I got home and found out that they lied; it was actually 2 channel stereo or 4 channel mono.  While we actually air our podcast in mono to keep bandwidth down, I didn’t like the limiting nature of this mixer.  We would have had Steve Sansweet talking on only the right channel of the audio.  So I sent Marjorie back to return it (which took 40 minutes thanks to Radio Shack efficiency).

Next I took to the internet to look for a mixing board.  Being “old school” I REALLY wanted vertical sliders along with a cross-fade ability; basically I wanted my 1987 mixer again.  Unfortunately each of those were, again, rack mount and quite expensive.  Finally I found a Nady brand mixer over half off through an Amazon.com merchant.  It had “knob” controls rather than sliders, but it was 6 stereo channels, and I was in a hurry.  I ordered it on Friday, January 6th, calling that Amazon merchant three times that day to ensure it shipped that Friday.  I needed it by the 15th.

The mixer arrived on the 10th.  I opened it, and it looked good enough.  Plus, having dealt with mixers before, is there any simpler piece of hardware?  I tossed it aside happy to have it, with ideas of how I wanted to wire it.  I planed to split our microphones into both Christine and the mixer, split the output from Christine to our headphones and the mixer, then output the mixer to my server.  Simple as pie.  Unfortunately my week was rather busy and I didn’t get to the mixer until Saturday.

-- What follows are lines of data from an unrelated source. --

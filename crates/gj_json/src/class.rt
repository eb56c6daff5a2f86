//! What a byte is to the grammar of RFC 8259.
ghost use Rattle.std.specs.Prelude.{◌≡◌};
ghost use Rattle.gj_json.specs.Internal.ByteClasses.{class_of};

use crate::constant::Constant;

/// What a byte is to the grammar, outside of a string.
#[derive(Clone, Copy, PartialEq, Eq)]
pub enum Class {
    White,
    OpenArray,
    CloseArray,
    OpenObject,
    CloseObject,
    Comma,
    Colon,
    Quote,
    /// The first byte of a number.
    NumberStart,
    /// The first letter of a literal name.
    Letter(Constant),
    Other,
}

/// The class of a byte.
#[inline(always)]
#[tactic(auto, unfolding(crate::specs::Internal::ByteClasses::class_of))]
pub fn classify(byte: u8) -> Class
    ensures { result ≡ class_of byte }
{
    match byte {
        b'0'..=b'9' => Class::NumberStart,
        b' ' | b'\t' | b'\n' | b'\r' => Class::White,
        b'[' => Class::OpenArray,
        b']' => Class::CloseArray,
        b'{' => Class::OpenObject,
        b'}' => Class::CloseObject,
        b',' => Class::Comma,
        b':' => Class::Colon,
        b'"' => Class::Quote,
        b'-' => Class::NumberStart,
        b'n' => Class::Letter(Constant::Null),
        b't' => Class::Letter(Constant::True),
        b'f' => Class::Letter(Constant::False),
        _ => Class::Other,
    }
}
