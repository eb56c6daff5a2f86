//! What the reader keeps of the text so far, beside the levels that are open.

use crate::constant::Constant;
use crate::levels::Level;
use crate::names::{Known, Word};

/// What the second byte of a character in UTF-8 may be, as the first byte says (RFC 3629, section 4).
#[derive(Clone, Copy, PartialEq, Eq)]
pub enum Bounds {
    /// 80 to BF (hexadecimal), as each byte after the second.
    Any,
    /// A0 to BF: no longer form than needed.
    AfterE0,
    /// 80 to 9F: no surrogate.
    AfterED,
    /// 90 to BF: no longer form than needed.
    AfterF0,
    /// 80 to 8F: nothing past U+10FFFF.
    AfterF4,
}

/// How far the character under way in a string has come.
#[derive(Clone, Copy, PartialEq, Eq)]
pub enum StringState {
    /// No character is under way.
    Plain,
    /// After a backslash.
    Escape,
    /// After `\u`, and after the digits of this value.
    HexDue,
    HexOne(u32),
    HexTwo(u32),
    HexThree(u32),
    /// In a character of several bytes: how many follow the next, what the next may be, and the bits so far.
    InCharacter(u8, Bounds, u32),
}

/// What may come next.
#[derive(Clone, Copy, PartialEq, Eq)]
pub enum Mode {
    /// A byte order mark, white space or a value: nothing has come.
    TextDue,
    /// After one byte, or two, of a mark.
    MarkOne,
    MarkTwo,
    ValueDue,
    ValueDone,
    ArrayOpened,
    ObjectOpened,
    /// So many letters of the literal name have come.
    ConstantOn(Constant, u8),
    NumberOn,
    StringOn(StringState),
    NameDue,
    NameOn(StringState),
    ColonDue,
}

/// What a byte ends. A number ends before a byte, whatever that does.
#[derive(Clone, Copy, PartialEq, Eq)]
pub enum Ending {
    Nothing,
    /// A byte order mark.
    Mark,
    Literal(Constant),
    /// A string that is a value.
    Text(Word),
    Name(Known),
    /// An element or a member that a comma follows.
    Item,
}

/// What a byte does.
#[derive(Clone, Copy, PartialEq, Eq)]
pub enum Move {
    Refuse,
    /// It leads to this mode, and ends this.
    Go(Mode, Ending),
    Open(Level),
    /// It closes the innermost level, which is this.
    Close(Level),
}

/// What a byte does to a string under way.
#[derive(Clone, Copy, PartialEq, Eq)]
pub enum StringMove {
    Ends,
    Goes(StringState),
    /// A character has ended with the byte, and none is under way.
    Reads(u32),
    Refuses,
}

Saturday I spent time organizing the computer room to make room for the new mixer (just over 12” wide).  I ended up wiring in the mixer around 3:30 p.m.  The mixer was very nice, with a digital VU meter and digital effects which can be added directly from the mixer.  I plugged in the microphone and spoke…the VU meter didn’t move at all.  I tried the other microphone…nothing.  I break out the Nady manual, which was totally useless.  I kept thinking of the old line from Beetlejuice, “It’s like reading stereo instructions.”  What a totally useless waste of trees that manual was, it taught me nothing.  I spent about an hour playing with settings to no avail.

At 4:30 my wife comes to get me telling me we need to leave, we had a dinner appointment at 5:00 in Springfield; it was time to go.  But, no.  When something breaks, especially in the computer room, I become single-minded.  Time has no meaning, nor does any other person on the planet and how my lateness may inconvenience them.  The problem must be diagnosed; the problem must be fixed.  NOW. 

I persevered but was becoming quite frustrated and angry.  Marjorie, trying to hurry me up, calls her brother.  Her brother is quite experienced with audio equipment being a guitar player in a blues band and setting up audio equipment for bands such as Ratt.  I first ask him if the Nady brand was worth anything and he said they were pretty good, which is fine by me.  We then start going through the various configurations.  While we brainstorm I try something different; I plug my boom box into the microphone input.  VIOLA, the VU meter moved.  I had discovered the problem; the Altec Lansing headset microphones we were using were non-powered, unamplified microphones.  The mixer needed mics with amps.